Эмили попыталась порадоваться за Алису, но в этом плане не было места для нее.
— Отличная идея, Алиса, — сказала она.
— Это же не навсегда, а только пока мир не придет в себя. И ты давай со мной. В пабе должны быть свободные комнаты.
— Не могу, — покачала головой Эмили. — Не хочу быть никому обузой. Я не тратила деньги, которые мне платили, и на какое-то время их хватит на комнату и еду. А потом я смогу продать драгоценности. Но мне не нравится жить у кого-то из милости.
— Какая же это милостыня, если друзья хотят тебе помочь? — резко бросила Алиса.
— Мой позор затронет и вас.
— Это полная ерунда, и ты это знаешь. Будешь всем говорить, что ты вдова. Теперь все вдовы. Никто ничего и не спросит. За ту неделю никто ведь не узнал, что вы с твоим парнем не были женаты? Все будет хорошо.
— Я рассказывала о нас леди Чарльтон. Говорила, что мы собираемся пожениться и уехать в Австралию. Она подарила мне компас на свадьбу. Если знает она, знает и миссис Трелони.
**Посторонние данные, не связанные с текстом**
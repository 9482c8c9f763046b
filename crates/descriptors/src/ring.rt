// A ring without its records, and what is sound. Starts, cells and head are lent apart, here and in place: C lends them so, and a clause
// over a struct that holds them would name each twice (`self.exit.cells.now`).
ghost use Rattle.std.specs.Prelude.{◌≡◌, ℕ, Bool, ◌+◌, ◌-◌, ◌*◌, ◌/◌, ◌%◌, ◌<◌, ◌≤◌, true, ◌&&◌, ◌||◌, [], length, if◌then◌else◌, ◌==◌, nat_eq, nat_le, nat_lt, slice_index};
ghost use Rattle.descriptors.specs.Record.{limit, up_to};
ghost use Rattle.descriptors.specs.Cells.{cells, record_at, all_below, are_records};
ghost use Rattle.descriptors.specs.Stores.{lay_start, lay_size, lay_cells};
ghost use Rattle.descriptors.specs.Ring.{ring_of, offset_ok, sound, split_sound, judged, NewIn, between_of};

use crate::cells::CELLS;
use crate::record::{LIMIT, TransferDirection};
use crate::refusal::DmaBufError;
use crate::split::Split;
use crate::{cells, split};

#[derive(Clone, Copy, Debug, PartialEq, Eq, Default)]
pub struct Head {
    pub count: usize,
    pub descriptor_idx: usize,
    pub descriptor_offset: usize,
    pub tally: u32,
    pub pre_filled: usize,
}

// What a call by value answers, and the ring that it leaves.
#[derive(Clone, Copy, Debug, PartialEq, Eq)]
pub struct Kept<R, A> {
    pub ring: R,
    pub answer: Result<A, DmaBufError>,
}

// ---- the scans: each asks by itself that the words are whole, since they stay slices, as C lends them

// The scan. It has one flag, and no way out before the end: so it is done on many records at a time.
#[tactic(auto, using(crate::specs::laws::Tests::flags))]
fn all_below<F: Fn(usize) -> bool>(n: usize, test: F) -> bool
    requires { (i : ℕ) → i < n → F.pre test i }
    ensures { (p : ℕ → Bool) → ((i : ℕ) (b : Bool) → i < n → F.post test i b → b ≡ p i) → result ≡ all_below p n }
{
    let mut ok = true;
    for i in 0..n {
        if !test(i) {
            ok = false;
        }
    }
    ok
}

fn marks_ok(w: &[u16]) -> bool
    requires { length w.now ≡ cells }
    ensures { result ≡ all_below (λ j. nat_le (slice_index w.now (limit * 3 + j)) 1) (2 * limit) }
{
    all_below(2 * LIMIT, |j| w[3 * LIMIT + j] <= 1)
}

// A loop of its own: tried as a scan, which has to multiply, and the judge of 64 records took an eighth longer.
fn starts_ok(s: &[u32], n: usize, chunk: usize) -> bool
    requires { (length s.now ≡ limit) × (n ≤ limit) × (chunk ≤ 4095) }
    ensures { result ≡ all_below (λ i. nat_eq (slice_index s.now i) (i * chunk)) n }
{
    let step = chunk as u32;
    let mut ok = true;
    let mut start: u32 = 0;
    for i in 0..n {
        if s[i] != start {
            ok = false;
        }
        start = s[i].wrapping_add(step);
    }
    ok
}

// Where the scan of the sizes stops: behind the last record where its size is like the others'.
fn scan_end(n: usize, chunk: usize, last: usize) -> usize
    requires { 0 < n }
    ensures { result ≡ (if nat_eq last chunk then n else n - 1) }
{
    if last == chunk { n } else { n - 1 }
}

fn sizes_ok(w: &[u16], n: usize, chunk: usize, last: usize) -> bool
    requires { (length w.now ≡ cells) × (0 < n) × (n ≤ limit) × (chunk ≤ 4095) × (last ≤ 4095) }
    ensures { result ≡ (all_below (λ i. nat_eq (slice_index w.now i) chunk) (n - 1) && slice_index w.now (n - 1) == last) }
{
    let size = chunk as u16;
    all_below(scan_end(n, chunk, last), |i| w[i] == size) && w[n - 1] == last as u16
}

fn lengths_ok(w: &[u16], n: usize) -> bool
    requires { (length w.now ≡ cells) × (n ≤ limit) }
    ensures { result ≡ all_below (λ i. nat_le (slice_index w.now (limit + i)) (slice_index w.now i)) n }
{
    all_below(n, |i| w[LIMIT + i] <= w[i])
}

fn nexts_ok(w: &[u16], n: usize) -> bool
    requires { (length w.now ≡ cells) × (n ≤ limit) }
    ensures { result ≡ all_below (λ i. nat_le (slice_index w.now (limit * 2 + i)) n) n }
{
    all_below(n, |i| w[2 * LIMIT + i] <= n as u16)
}

// ---- sound

#[tactic(auto, unfolding(crate::specs::Cells::are_records, crate::specs::Cells::are_cells))]
pub fn are_records<'a>(s: &'a [u32], w: &'a [u16]) -> bool
    ensures { result ≡ are_records s.now w.now }
{
    s.len() == LIMIT && w.len() == CELLS && marks_ok(w)
}

fn offset_in(cpu: bool, length: usize, offset: usize) -> bool
    ensures { result ≡ (offset == 0 || (cpu && nat_lt offset length)) }
{
    offset == 0 || (cpu && offset < length)
}

fn offset_out(cpu: bool, size: usize, offset: usize) -> bool
    ensures { result ≡ (nat_lt offset size && (offset == 0 || cpu)) }
{
    offset < size && (offset == 0 || cpu)
}

fn offset_ok(w: &[u16], dir: TransferDirection, i: usize, offset: usize) -> bool
    ensures { result ≡ offset_ok dir (record_at [] w.now i) offset }
{
    let cpu = cells::owner_of(w, i).is_cpu();
    match dir {
        TransferDirection::In => offset_in(cpu, cells::length_of(w, i), offset),
        TransferDirection::Out => offset_out(cpu, cells::size_of(w, i), offset),
    }
}

// What `prepare` and the calls before it ask for: the split and the prefilled count.
pub fn judge_split<'a>(s: &'a [u32], w: &'a [u16], h: Head, len: usize) -> Result<(), DmaBufError>
    ensures { result ≡ judged (split_sound (ring_of s.now w.now h) len) }
{
    let n = h.count;
    let Ok(Split { chunk, rest }) = split::split_of(n, len) else {
        return Err(DmaBufError::BadState);
    };
    if are_records(s, w)
        && starts_ok(s, n, chunk)
        && sizes_ok(w, n, chunk, chunk + rest)
        && h.pre_filled <= len
    {
        return Ok(());
    }
    Err(DmaBufError::BadState)
}

// What every other call asks for first.
pub fn judge<'a>(
    dir: TransferDirection,
    s: &'a [u32],
    w: &'a [u16],
    h: Head,
    len: usize,
) -> Result<(), DmaBufError>
    ensures { result ≡ judged (sound dir (ring_of s.now w.now h) len) }
{
    judge_split(s, w, h, len)?;
    let n = h.count;
    let i = h.descriptor_idx;
    if lengths_ok(w, n) && nexts_ok(w, n) && i < n && offset_ok(w, dir, i, h.descriptor_offset) {
        return Ok(());
    }
    Err(DmaBufError::BadState)
}

// ---- new

fn fresh(n: usize) -> Head
    ensures { result ≡ record { count = n; descriptor_idx = 0; descriptor_offset = 0; tally = 0; pre_filled = 0 } }
{
    Head {
        count: n,
        ..Head::default()
    }
}

#[tactic(auto, using(crate::specs::laws::Updates::up_none, crate::specs::laws::Updates::up_more), unfolding(crate::specs::Stores::lay_start, crate::specs::Split::start_of))]
fn lay_starts(s: &mut [u32], n: usize, len: usize, chunk: usize)
    requires { (n ≤ limit) × (chunk ≤ 4095) × (chunk ≡ len / n) }
    ensures { s.new ≡ up_to (lay_start n len) n s.old }
{
    for i in 0..n {
        cells::set_buffer(s, i, (i * chunk) as u32);
    }
}

fn lay_size(w: &mut [u16], dir: TransferDirection, i: usize, size: u16, chunk: u16)
    ensures { w.new ≡ lay_size dir i size chunk w.old }
{
    cells::set_size(w, i, size);
    if !dir.is_in() {
        cells::set_length(w, i, chunk);
    }
}

fn size_at(n: usize, i: usize, chunk: usize, rest: usize) -> u16
    requires { (i < n) × (chunk + rest ≤ 4095) }
    ensures { result ≡ (if nat_eq (i + 1) n then chunk + rest else chunk) }
{
    if i + 1 == n {
        (chunk + rest) as u16
    } else {
        chunk as u16
    }
}

#[tactic(auto, using(crate::specs::laws::Updates::up_none, crate::specs::laws::Updates::up_more), unfolding(crate::specs::Stores::lay_cells, crate::specs::Split::size_of))]
fn lay_sizes(w: &mut [u16], dir: TransferDirection, n: usize, len: usize, chunk: usize, rest: usize)
    requires { (n ≤ limit) × (chunk + rest ≤ 4095) × (chunk ≡ len / n) × (rest ≡ len % n) }
    ensures { w.new ≡ up_to (lay_cells dir n len) n w.old }
{
    for i in 0..n {
        let size = size_at(n, i, chunk, rest);
        lay_size(w, dir, i, size, chunk as u16);
    }
}

// Both `new`s: the buffer's len bytes split over the first n of the lent records. The head is answered, not lent: so a refusal changes
// nothing. It is one of a ring that begins, after a refusal too.
pub fn new_in(
    dir: TransferDirection,
    s: &mut [u32],
    w: &mut [u16],
    n: usize,
    len: usize,
) -> Kept<Head, ()>
    ensures { NewIn dir s.old w.old n len s.new w.new result.ring result.answer }
{
    let ring = fresh(n);
    let parts = split::split_of(n, len);
    let Ok(Split { chunk, rest }) = parts else {
        return Kept {
            ring,
            answer: parts.and(Ok(())),
        };
    };
    if !are_records(s, w) {
        return Kept {
            ring,
            answer: Err(DmaBufError::BadState),
        };
    }
    lay_starts(s, n, len, chunk);
    lay_sizes(w, dir, n, len, chunk, rest);
    Kept {
        ring,
        answer: Ok(()),
    }
}

// The bytes between an earlier reading of a tally and a later one.
pub fn between(earlier: u32, later: u32) -> u32
    ensures { result ≡ between_of earlier later }
{
    later.wrapping_sub(earlier)
}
А если знает миссис Трелони, то она рассказала всей деревне.
— Да брось ты, милая. Эту миссис Трелони в деревне здорово не любят. Говорят, что она чересчур важничает.
Эмили посмотрела в окно. День был ясный, пышные облака бежали по небу. Она вспомнила небо над пустошью, вспомнила, какие надежды ее тогда переполняли, как хороша была деревня, лежащая в лощине. А потом подумала о маленьком коттедже.